Distal Linear Metatarsal Osteotomy Combined with Akin Osteotomy for Hallux Valgus with Hallux Valgus Interphalangeus
Minimally invasive distal linear metatarsal osteotomy is commonly performed to correct mild-to-moderate hallux valgus. The technique is easy to perform, fast, and has a low complication rate with satisfactory clinical results. However, it has so far not been applied to hallux valgus with concomitant hallux valgus interphalangeus deformity.
We aimed to investigate the short-term clinical results of distal linear metatarsal osteotomy combined with Akin osteotomy in hallux valgus with concomitant hallux valgus interphalangeus deformity.

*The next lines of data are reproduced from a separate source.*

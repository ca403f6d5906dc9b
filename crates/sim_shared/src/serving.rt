//! How puts and gets at containers and stores are tried (SimPy's Container and Store).
ghost use Rattle.std.specs.Prelude.{◌≡◌, ◌+◌, ◌<◌, [], ◌∷◌, ℕ, length, slice_get, Some, IfSome, IsFalse, IsTrue};
ghost use Rattle.sim_machine.specs.MayAsk.{takes_requests};
ghost use Rattle.sim_machine.specs.Trying as trying;
ghost use Rattle.sim_machine.specs.Users.{resource_at};
ghost use Rattle.sim_shared_model.specs.StoreQueues.{AllDiffer};
ghost use Rattle.sim_shared_model.specs.AnyShared.{SharedResource};
ghost use Rattle.sim_shared_model.specs.Measuring.{ChangesOnlyAt};
ghost use Rattle.sim_shared_model.specs.Resources.{waiting_at};
ghost use Rattle.sim_shared_model.specs.Serving.{TriesAt, TriesPut, TriesGet, puts_go_on, store_goes_on, gets_go_on, DoesPartOrAll, AreOpenAt, count_waiting_at};
ghost use Rattle.sim_shared_model.specs.ShowsAll.{FollowsAll};
ghost use Rattle.sim_shared_model.specs.Waiting.{AreAllOpen};

use crate::resource::SharedResource;
use crate::shared::Shared;
use sim_shared_model::{Served, ShelfKind};

// Serves a put, if one can be served. Nobody puts at a desk.
fn serve_one_put(resource: &mut SharedResource) -> Option<Served>
    ensures tried { (res : ℕ) → TriesPut res result resource.old resource.new }
    ensures differ { IfSome result (λ _. AllDiffer (waiting_at resource.old)) }
{
    match resource {
        SharedResource::Desk(_) => None,
        SharedResource::Tank(tank) => {
            tank.waiters_differ();
            tank.try_put()
        }
        SharedResource::Shelf(shelf) => {
            shelf.waiters_differ();
            shelf.try_put()
        }
    }
}

// Serves a get, if one can be served. Nobody gets at a desk.
fn serve_one_get(resource: &mut SharedResource) -> Option<Served>
    ensures tried { (res : ℕ) → TriesGet res result resource.old resource.new }
    ensures differ { IfSome result (λ _. AllDiffer (waiting_at resource.old)) }
{
    match resource {
        SharedResource::Desk(_) => None,
        SharedResource::Tank(tank) => {
            tank.waiters_differ();
            tank.try_get()
        }
        SharedResource::Shelf(shelf) => {
            shelf.waiters_differ();
            shelf.try_get()
        }
    }
}

// Whether a try of the puts goes on once one was served.
fn puts_go_on(resource: &SharedResource) -> bool
    ensures { result ≡ puts_go_on resource.now }
{
    match resource {
        SharedResource::Desk(_) => false,
        SharedResource::Tank(_) => true,
        SharedResource::Shelf(_) => false,
    }
}

// Whether a store of this kind looks at later gets once one was served.
fn store_goes_on(kind: ShelfKind) -> bool
    ensures { result ≡ store_goes_on kind }
{
    match kind {
        ShelfKind::Fifo => false,
        ShelfKind::Priority => false,
        ShelfKind::Filter => true,
    }
}

// Whether a try of the gets goes on once one was served.
fn gets_go_on(resource: &SharedResource) -> bool
    ensures { result ≡ gets_go_on resource.now }
{
    match resource {
        SharedResource::Desk(_) => false,
        SharedResource::Tank(_) => true,
        SharedResource::Shelf(shelf) => store_goes_on(shelf.kind()),
    }
}

impl Shared {
    // A put at this place leaves its queue, if one can be served.
    fn serve_put(&mut self, res: u32) -> Option<Served>
        requires res { res < length self.old.setup }
        ensures { TriesAt TriesPut res result self.old self.new }
    {
        serve_one_put(&mut self.resources[res as usize])
    }

    // A get at this place leaves its queue, if one can be served.
    fn serve_get(&mut self, res: u32) -> Option<Served>
        requires res { res < length self.old.setup }
        ensures { TriesAt TriesGet res result self.old self.new }
    {
        serve_one_get(&mut self.resources[res as usize])
    }

    // Whether a try of the puts at this place goes on once one was served.
    fn more_puts(&self, res: u32) -> bool
        requires res { res < length self.now.setup }
        ensures { (x : SharedResource) →
            slice_get self.now.resources res ≡ Some x → result ≡ puts_go_on x }
    {
        puts_go_on(&self.resources[res as usize])
    }

    // Whether a try of the gets at this place goes on once one was served.
    fn more_gets(&self, res: u32) -> bool
        requires res { res < length self.now.setup }
        ensures { (x : SharedResource) →
            slice_get self.now.resources res ≡ Some x → result ≡ gets_go_on x }
    {
        gets_go_on(&self.resources[res as usize])
    }

    // One put is served, if one can be: it succeeds now. The answer is whether the try goes on.
    fn try_one_put(&mut self, res: u32) -> bool
        requires res { res < length self.old.setup }
        requires stock { IsFalse (takes_requests (resource_at self.old.setup res).kind) }
        requires open { AreOpenAt res self.old }
        ensures tried { DoesPartOrAll (trying.try_put self.old.setup res) result
            self.old self.new }
        ensures open { IsTrue result → AreOpenAt res self.new }
        ensures fewer { IsTrue result →
            count_waiting_at res self.new + 1 ≡ count_waiting_at res self.old }
        ensures spare { self.new.happen.spare ≡ self.old.happen.spare }
        ensures used { self.new.used ≡ self.old.used }
        ensures setup { self.new.setup ≡ self.old.setup }
        ensures touched { ChangesOnlyAt (res ∷ []) self.old self.new }
    {
        match self.serve_put(res) {
            None => false,
            Some(put) => {
                self.succeed(put.event, put.value);
                self.more_puts(res)
            }
        }
    }

    // One get is served, if one can be: it succeeds now. The answer is whether the try goes on.
    fn try_one_get(&mut self, res: u32) -> bool
        requires res { res < length self.old.setup }
        requires open { AreOpenAt res self.old }
        ensures tried { DoesPartOrAll (trying.try_get self.old.setup res) result
            self.old self.new }
        ensures open { IsTrue result → AreOpenAt res self.new }
        ensures fewer { IsTrue result →
            count_waiting_at res self.new + 1 ≡ count_waiting_at res self.old }
        ensures spare { self.new.happen.spare ≡ self.old.happen.spare }
        ensures used { self.new.used ≡ self.old.used }
        ensures setup { self.new.setup ≡ self.old.setup }
        ensures touched { ChangesOnlyAt (res ∷ []) self.old self.new }
    {
        match self.serve_get(res) {
            None => false,
            Some(get) => {
                self.succeed(get.event, get.value);
                self.more_gets(res)
            }
        }
    }

    // The puts at a container or a store are tried: at a container for as long as one is served, at a store the first
    // alone (SimPy's Container and Store).
    pub(crate) fn try_puts(&mut self, res: u32)
        requires res { res < length self.old.setup }
        requires stock { IsFalse (takes_requests (resource_at self.old.setup res).kind) }
        requires open { AreAllOpen self.old }
        ensures tried { FollowsAll (trying.try_put self.old.setup res) self.old self.new }
        ensures spare { self.new.happen.spare ≡ self.old.happen.spare }
        ensures used { self.new.used ≡ self.old.used }
        ensures touched { ChangesOnlyAt (res ∷ []) self.old self.new }
    {
        'puts: while self.try_one_put(res) {}
    }

    /// The gets at a resource are tried (SimPy's "Shared resources"): at a container for as long as one is served, at a
    /// filter store along all, at a store the first alone. Nobody gets at a desk.
    pub fn try_get(&mut self, res: u32)
        requires res { res < length self.old.setup }
        requires open { AreAllOpen self.old }
        ensures tried { FollowsAll (trying.try_get self.old.setup res) self.old self.new }
        ensures spare { self.new.happen.spare ≡ self.old.happen.spare }
        ensures used { self.new.used ≡ self.old.used }
        ensures touched { ChangesOnlyAt (res ∷ []) self.old self.new }
    {
        'gets: while self.try_one_get(res) {}
    }
}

We retrospectively reviewed 10 patients (10 feet) who underwent surgery for hallux valgus with hallux valgus interphalangeus between 2012 and 2016. Akin osteotomy was performed and fixated with a screw/K-wire, followed by distal linear metatarsal osteotomy and K-wire fixation. Clinical evaluations pre- and postoperatively used the Japan Society for Surgery of the Foot (JSSF) scale and the Visual Analog Scale (VAS). Radiography pre-and postoperatively assessed the hallux valgus, hallux valgus interphalangeus, and the intermetatarsal angle.
The mean follow-up period was 20.2 months. Both the JSSF and VAS score improved significantly, from 64.5 to 90.0 and from 5.5 to 1.1, respectively. In all patients, bone healing was complete within four months with no osteonecrosis of the metatarsal head or malunion at the osteotomy site. The hallux valgus angle improved from 31.5° to 7.7°, the hallux valgus interphalangeus angle from 17.2° to 5.8°, and the intermetatarsal angle from 11.7° to 5.5°.
Distal linear metatarsal osteotomy combined with Akin osteotomy safely and effectively corrects mild-to-moderate hallux valgus with hallux valgus interphalangeus deformity.